The next code works fine:
void test(int8_t* data, const int data_length) {
const uint8_t key = 123;
for (int index = 0; index < data_length; index++)
data[index] = data[index] ^ key;
}
The data that I am given is signed, therefore has a type of int8_t.
The problem is that the compiler shows the next warning:
"Use of a signed integer operand with a binary bitwise operator”
I can make the warning go by casting data with uint8_t when performing the XOR operation, but I don't know the implications. I've done some test and doesn't seem to be a problem, but I am confused because data can contain signed values, so I am not sure if by casting it I am messing the data.
Is it correct to cast to uint8_t even if data can contain negative values? or should I ignore the warning?
The compiler is giving the warning because bitwise operations are not supposed to be performed on signed integers. In C++ before C++20, there were allowed different representations of signed integers, meaning that the same number could be represented by different bit patterns on different machines and compilers. This makes the result of bit manipulations on signed integers non-portable. Granted, intN_t
were always required to use two's complement representation (and C++20 extended that requirement to all signed integers), it is still not recommended to use signed integers for bitwise operations.
In your particular case, both data[index]
and key
get promoted to int
to perform the XOR operation. However, since data[index]

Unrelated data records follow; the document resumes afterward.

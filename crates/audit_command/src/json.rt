//! A verdict as JSON.

ghost use Rattle.text_stream.specs.Writing.{Writes};
ghost use Rattle.audit_command.specs.VerdictJson.{labelled, legal_json, illegal_json, legal_journal_json};

use itoa::Buffer;
use text_stream::{Sink, TextFault, put};

// A label and a number in decimal.
#[tactic(auto, unfolding(crate::specs::VerdictJson::labelled))]
fn put_labelled<W: Sink>(writer: &mut W, label: &[u8], number: u64) -> Result<(), TextFault>
    ensures { Writes W.contents W.has_failed writer.old writer.new
        (labelled label.now number) result }
{
    let mut buffer = Buffer::new();
    put(writer, label)?;
    put(writer, buffer.format(number).as_bytes())
}

/// Writes that a history is legal, and how many entries it has.
#[tactic(auto, unfolding(crate::specs::VerdictJson::legal_json))]
pub(crate) fn put_legal_json<W: Sink>(writer: &mut W, entries: u64) -> Result<(), TextFault>
    ensures { Writes W.contents W.has_failed writer.old writer.new (legal_json entries) result }
{
    put_labelled(writer, b"{\"entries\":", entries)?;
    put(writer, b",\"legal\":true}\n")
}

/// Writes that a history or a journal is not legal, and the first entry that is not lawful, counted from 0.
#[tactic(auto, unfolding(crate::specs::VerdictJson::illegal_json))]
pub(crate) fn put_illegal_json<W: Sink>(writer: &mut W, index: u64) -> Result<(), TextFault>
    ensures { Writes W.contents W.has_failed writer.old writer.new (illegal_json index) result }
{
    put_labelled(writer, b"{\"illegal\":", index)?;
    put(writer, b",\"legal\":false}\n")
}

/// Writes that a journal is legal, how many entries it has, and how many bytes stand behind its last newline.
#[tactic(auto, unfolding(crate::specs::VerdictJson::legal_journal_json))]
pub(crate) fn put_legal_journal_json<W: Sink>(
    writer: &mut W,
    entries: u64,
    torn: u64,
) -> Result<(), TextFault>
    ensures { Writes W.contents W.has_failed writer.old writer.new
        (legal_journal_json entries torn) result }
{
    put_labelled(writer, b"{\"entries\":", entries)?;
    put_labelled(writer, b",\"legal\":true,\"torn\":", torn)?;
    put(writer, b"}\n")
}
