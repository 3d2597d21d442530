//! In what form a verdict is written.

/// What is written of a history.
#[derive(Clone, Copy, Debug, PartialEq, Eq)]
pub enum AuditForm {
    /// The line of the verdict.
    Line,
    /// That line, and words on the first entry that is not lawful.
    Explained,
    /// The verdict as JSON.
    Json,
}

/// What is written of a journal.
#[derive(Clone, Copy, Debug, PartialEq, Eq)]
pub enum JournalForm {
    /// The line of the verdict.
    Line,
    /// That line, and words on the first entry that is not lawful.
    Explained,
    /// The verdict as JSON.
    Json,
}
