//! The audit of a journal, line by line, to the line of its verdict.

ghost use Rattle.std.specs.Prelude.{IfOk, IfErr};
ghost use Rattle.text_stream.specs.Writing.{Writes};
ghost use Rattle.text_stream.specs.RunFault.{TellsFailedRead, TellsFailedWrite, WritesLast};
ghost use Rattle.audit_command.specs.JournalAudit.{AuditedJournal, StopsJournalAudit};
ghost use Rattle.audit_command.specs.JournalAudit.{legal_journal_text, illegal_journal_text};

use crate::explained_audit::explain_last;
use crate::form::JournalForm;
use crate::json::{put_illegal_json, put_legal_journal_json};
use journal_entries::{Judged, judge_journal};
use sched_lines::put_named;
use std::alloc::Global;
use text_stream::{RunFault, Sink, Source, TextFault, put};

/// How the audit of a journal ends.
#[derive(Clone, Copy, Debug, PartialEq, Eq)]
pub enum JournalEnd {
    /// It is legal. Behind its last newline stand so many bytes, which count for nothing.
    Legal(u64),
    /// One of its entries may not follow those before it.
    Illegal,
    /// This line, counted from 0, stands for nothing: the first for no lawful configuration, or a later one, before any
    /// illegal entry, for no entry.
    Bad(u64),
}

// Writes the verdict on a legal journal.
fn put_legal<W: Sink>(
    writer: &mut W,
    form: JournalForm,
    entries: u64,
    torn: u64,
) -> Result<(), TextFault>
    ensures { Writes W.contents W.has_failed writer.old writer.new
        (legal_journal_text form entries torn) result }
{
    match form {
        JournalForm::Line | JournalForm::Explained => put_named(writer, b"legal", entries),
        JournalForm::Json => put_legal_journal_json(writer, entries, torn),
    }
}

// Writes the verdict on another one.
fn put_illegal<W: Sink>(writer: &mut W, form: JournalForm, index: u64) -> Result<(), TextFault>
    ensures { Writes W.contents W.has_failed writer.old writer.new
        (illegal_journal_text form index) result }
{
    match form {
        JournalForm::Line | JournalForm::Explained => put_named(writer, b"illegal", index),
        JournalForm::Json => put_illegal_json(writer, index),
    }
}

/// Reads a journal, of any length, and audits it in the memory of a scheduler's state and of one line. Writes `legal`
/// and the number of its entries, or `illegal` and the first entry, counted from 0, whose reply the scheduler may not
/// give after the entries before it; or the same in JSON, of a legal one with the bytes behind its last newline. Where
/// words are asked for they stand behind the line of an illegal journal, as [`run_audit`](crate::run_audit) writes
/// them. Nothing is written where a line is bad, nor before another fault than one of output.
pub fn run_audit_journal<R: Source, W: Sink>(
    alloc: Global,
    reader: &mut R,
    writer: &mut W,
    form: JournalForm,
) -> Result<JournalEnd, RunFault>
    // What was written is the line of the verdict on the journal that was read, with words behind it where they are
    // asked for and it is illegal, and nothing else.
    ensures ok { IfOk result (AuditedJournal form (R.remaining reader.old) (R.remaining reader.new)
        (W.contents writer.old) (W.contents writer.new)) }

    // Each fault comes under its own condition.
    ensures stops { IfErr result
        (StopsJournalAudit (R.remaining reader.old) (R.remaining reader.new)) }
    ensures quiet { WritesLast result writer.old writer.new }

    // A failed read or write is told where one has failed, and where all went well none did.
    ensures failed_read { TellsFailedRead result
        (R.has_failed reader.old) (R.has_failed reader.new) }
    ensures failed_write { TellsFailedWrite result
        (W.has_failed writer.old) (W.has_failed writer.new) }
{
    match judge_journal(alloc, reader)? {
        Judged::Legal(auditor, torn) => {
            put_legal(writer, form, auditor.taken(), torn)?;
            Ok(JournalEnd::Legal(torn))
        }
        Judged::Illegal(index, entries) => {
            let Ok(words) = explain_last(alloc, form, index, entries) else {
                return Err(RunFault::Text(TextFault::Memory));
            };
            put_illegal(writer, form, index)?;
            put(writer, words.as_bytes())?;
            Ok(JournalEnd::Illegal)
        }
        Judged::Bad(line) => Ok(JournalEnd::Bad(line)),
    }
}
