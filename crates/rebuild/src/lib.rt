// The set behind a value. The tables say how much the best choice is worth; going through them
// packet by packet gives the first of the choices that are worth as much (rule 6).
#![tactic(auto)]

ghost use Rattle.std.specs.Prelude.{◌≡◌, ℕ, ◌+◌, ◌-◌, ◌^◌, ◌<◌, ◌≤◌, get_or};
ghost use Rattle.line.specs.Values.{raised};
ghost use Rattle.line.specs.Packets.{packet_words};
ghost use Rattle.line.specs.Tables.{entry};
ghost use Rattle.line.specs.Rows.{Solved};
ghost use Rattle.line.specs.Choice.{bits_run};
ghost use Rattle.line.specs.Rebuild.{greedy_set, left, Due, Goes, LongestIf, NextHeadIf, Stepped};

use line::{Cut, Tables, Task};

// The set x with the m slots from position d on.
fn add_run(x: u64, cut: Cut, d: usize, m: usize) -> u64
    requires { (d + m ≤ 64) × (x + bits_run cut.task cut.start.0 d m < 2 ^ 64) }
    ensures { result ≡ x + bits_run cut.task cut.start.0 d m }
{
    let mut y = x;
    for i in 0..m {
        let slot = (cut.start.0 + (d + i)) % cut.task.wheel.n;
        y += 1 << slot;
    }
    y
}

// The longest packet of at most m slots at p that comes to v with the tail after it.
fn longest(tails: &[u16; 4096], task: Task, p: usize, k: usize, m: usize, v: u16) -> Option<usize>
    requires m_bound { (p + m ≤ 64) × (m ≤ k) × (k < 64) }
    requires by_index { (q : ℕ) → 1 ≤ q → q ≤ m → entry tails.now (p + q - 1) (k - q) ≤ 4097 }
    ensures { LongestIf task p k m v tails.now result }
{
    for q in (1..m + 1).rev() {
        let words = positions::packet_words(task, q);
        if positions::raised(words, tails[(p + q - 1) * 64 + (k - q)]) == v {
            return Some(q);
        }
    }
    None
}

// The first position from `from` on, and before `end`, whose head of k slots is w.
fn next_head(heads: &[u16; 4096], k: usize, from: usize, end: usize, w: u16) -> Option<usize>
    requires { (k < 64) × (end ≤ 64) }
    ensures { NextHeadIf heads.now k from end w result }
{
    for p in from..end {
        if heads[p * 64 + k] == w {
            return Some(p);
        }
    }
    None
}

// Whether the run goes on after a full packet at p, where f slots are open and v is to be attained.
fn goes_on(heads: &[u16; 4096], task: Task, p: usize, f: usize, k: usize, v: u16) -> bool
    requires f_bound { (p + f < 64) × (k < 64) }
    requires p_bound { task.wheel.p < f → task.wheel.p < k → entry heads.now (p + task.wheel.p) (k - task.wheel.p) ≤ 4097 }
    ensures { Goes task.wheel.p f k
        (raised (packet_words task task.wheel.p) (entry heads.now (p + task.wheel.p) (k - task.wheel.p))) v result }
{
    let period = task.wheel.p;
    if f <= period || k <= period {
        return false;
    }
    let words = positions::packet_words(task, period);
    positions::raised(words, heads[(p + period) * 64 + (k - period)]) == v
}

// How far the rebuilding has come: the set so far, the position of the next packet, and how many
// slots are left to take.
#[derive(Clone, Copy)]
struct Spot {
    slots: u64,
    p: usize,
    k: usize,
}

impl Spot {
    // The packet at the spot is added: a full one if the run goes on after it, and otherwise the
    // longest; then the next packet begins at the first position that attains the rest.
    fn step(self, tables: &Tables, cut: Cut) -> Spot
        requires room { (1 ≤ self.k) × (self.k < 64) × (self.slots + left cut.task cut.start.0 self.p self.k < 2 ^ 64) }
        requires solved { Solved cut.task cut.start.0 self.k tables.now.heads tables.now.tails × Due cut.task cut.start.0 self.p self.k }
        ensures { Stepped cut.task cut.start.0 self.slots self.p self.k result.slots result.p result.k }
    {
        let period = cut.task.wheel.p;
        let p = self.p;
        let k = self.k;
        let f = positions::free_run(cut, p);
        let v = tables.heads[p * 64 + k];
        if goes_on(&tables.heads, cut.task, p, f, k, v) {
            return Spot {
                slots: add_run(self.slots, cut, p, period),
                p: p + period,
                k: k - period,
            };
        }
        let m = period.min(f.min(k));
        let q = longest(&tables.tails, cut.task, p, k, m, v).unwrap();
        let slots = add_run(self.slots, cut, p, q);
        if k == q {
            return Spot { slots, p, k: 0 };
        }
        let w = tables.tails[(p + q - 1) * 64 + (k - q)];
        let last = cut.task.wheel.n - 1;
        Spot {
            slots,
            p: next_head(&tables.heads, k - q, p + q + 1, last, w).unwrap(),
            k: k - q,
        }
    }
}

// The set of the first choice of k slots at the cut that is worth as much as the tables say.
pub fn rebuild(tables: &Tables, cut: Cut, k: usize) -> u64
    requires some { (1 ≤ k) × (k < 64) × (0 < get_or tables.now.heads k 0) }
    requires solved { Solved cut.task cut.start.0 k tables.now.heads tables.now.tails }
    ensures { result ≡ greedy_set cut.task cut.start.0 k }
{
    let mut at = Spot { slots: 0, p: 0, k };
    while 0 < at.k {
        at = at.step(tables, cut);
    }
    at.slots
}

is a signed integer, its value gets sign-extended, and the unsigned key
gets zero-extended. This means the XOR affects only the low 8 bits of the intermediate int
values, and the result may not fit in int8_t
range. When you assign the result back to data[index]
, a signed overflow can happen, which is UB in C++ (prior to C++20; since C++20 it is well defined to truncate the upper bits).
The correct thing to do in this case is to treat your data as an array of raw bytes, regardless of what values these bytes represent. This means, you should be using std::byte
or std::uint8_t
to represent input and output data. This way you will be operating on unsigned integers and have no portability or potential overflow issues.